The bacterial pathogen Borrelia burgdorferi (Bb) is the causative agent of Lyme disease, the most prevalent tick-borne disease in the United States. This pathogen is capable of long-term infection of humans that can lead to severe arthritis and neurological complications, even in healthy people with intact immune systems. Many patients continue to have debilitating symptoms even after extensive antibiotic treatment, but the reasons behind these symptoms remain unclear. Consistent with this, our proposal directly addresses the TDBRP focus area, to understand underlying mechanisms of persistent symptoms associated with Lyme disease.

We propose the novel hypothesis that when cells are infected by Bb, they respond by turning on genes involved in inflammatory responses, and that these genes are in turn “marked” or “tagged” by small chemical tags called epigenetic marks that allow cells to “remember” the infection. Our genetic makeup, i.e., DNA, can be considered as the hardware, the blueprint for who we are. Epigenetic mechanisms can be considered as the software, that tells the hardware what to do – i.e., determine which genes are turned on or off in different cell types, at distinct times in our lifespan, and in response to environmental stresses that we encounter. Epigenetics is an additional layer of control that sits on top of the genome, (hence the prefix epi-, which means above), and refers to changes in gene activity that do not involve alterations to the genetic code, but still get passed down to at least one successive generation.

Epigenetic “marks” are small chemical tags (methyl, acetyl, phosphate, etc.) that can be attached to the histone proteins around which DNA is wrapped. Different marks or sets of marks can influence whether a particular gene is ON or OFF. It is through epigenetic marks that environmental factors like infection, diet, stress, and other such factors can directly impact genes and how they are turned on or off, and these changes are passed from one cell to its daughter cells when it divides, to the next generation. Although it is a fundamental mechanism that affects several cell types and diseases, very little research has been done on the role of epigenetics in Lyme disease thus far.

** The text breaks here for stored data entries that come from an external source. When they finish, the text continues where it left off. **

// This file tests the notes: the line of each, and its status.

use crate::tests::shared::{Row, expect_rows, table};
use ptb_serve::Note;
use ptb_text::LoadFault;
use std::alloc::Global;

// A note, its status, and its line.
struct Said(Note, u8, &'static str);

const NOTES: &[Said] = table! { Said:
    (Note::Load(1, LoadFault::NoNumber), 65, "ptb: line 1: no statement number"),
    (Note::Load(1, LoadFault::NumberTooBig), 65, "ptb: line 1: number too big"),
    (Note::Load(12, LoadFault::TextTooLong), 65, "ptb: line 12: text too long"),
    (Note::Load(1, LoadFault::BadByte(6)), 65, "ptb: line 1: bad byte at 6"),
    (Note::Load(11, LoadFault::Full), 65, "ptb: line 11: program full"),
    (Note::Load(0, LoadFault::TooLong), 65, "ptb: program too long"),
    (Note::ProgramUnread, 66, "ptb: cannot read the program"),
    (Note::InputUnread, 66, "ptb: cannot read the input"),
    (Note::NoBeginning, 67, "ptb: no run begins so"),
    (Note::NoRun, 67, "ptb: not a run"),
    (Note::OutOfMemory, 71, "ptb: out of memory"),
    (Note::Unwritten, 74, "ptb: cannot write"),
};

impl Row<Global> for Said {
    fn holds(&self, alloc: &Global) -> bool {
        match self.0.to_string(*alloc) {
            Ok(text) => text.as_str() == self.2 && self.0.status() == self.1,
            Err(_) => false,
        }
    }
}

#[test]
fn notes(rt: HostRuntime) {
    expect_rows(&rt, "notes", &rt.alloc(), NOTES);
}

We suggest that infection with Bb results in changes in both gene activity (i.e., turning different sets of genes on or off) and also epigenetic marks. Although the gene activity might return to normal once the infection is removed, the epigenetic marks can persist years after the infection is treated, similar to a bookmark, to “remember” that these inflammatory genes were once turned on. Subsequent inflammatory events unrelated to infection might then lead to a rapid and more robust activation of these epigenetically marked genes, resulting in the debilitating symptoms of refractory Lyme arthritis (RLA). Our proposal aims to identify (1) which genes are “memorized” in response to Bb infection, and (2) the genome-wide location of two epigenetic “memory” marks we have identified that can be triggered and then remembered by exposure to the Bb pathogen and whether we can remove these marks using commercially available epigenetic inhibitor drugs to prevent RLA symptoms. This would further address a second Tick-Borne Disease Research Program focus area in the future (treatment and prevention of Lyme disease).

Applicability of the research:

This project has the potential to impact the health and welfare of both military Service members and the American public in the future. In addition to being an economic burden and threat to the public, Lyme disease is a continuing threat to military personnel operating in tick-rich locations, underscoring the need to find effective treatments. This project will lay the groundwork for understanding which genes are involved in driving RLA symptoms, as well as whether these genes are marked by epigenetic memory marks. We predict that epigenetic memory marks might be driving Lyme disease symptoms in at least some patients. Understanding what these marks are and how they are introduced and maintained would help to better manage and treat the disease.

The good thing about epigenetic changes is that they are reversible, unlike gene mutations. As several drugs targeting epigenetic proteins currently exist in the clinic and/or in clinical trials, reversing these marks to treat the disease is highly feasible. Although we are not proposing clinical trials, our work will lay the groundwork for future studies to test feasibility of epigenetic inhibitors using first a mouse model, and then clinical trial for treatment of Lyme disease. Further, identifying epigenetic changes may also lead to the development of biomarkers that could help with both the initial diagnosis of Lyme disease, as well as to monitor disease progression and resolution. Finally, epigenetic mechanisms are widespread, and this work could easily be extended to other tick-borne diseases as well.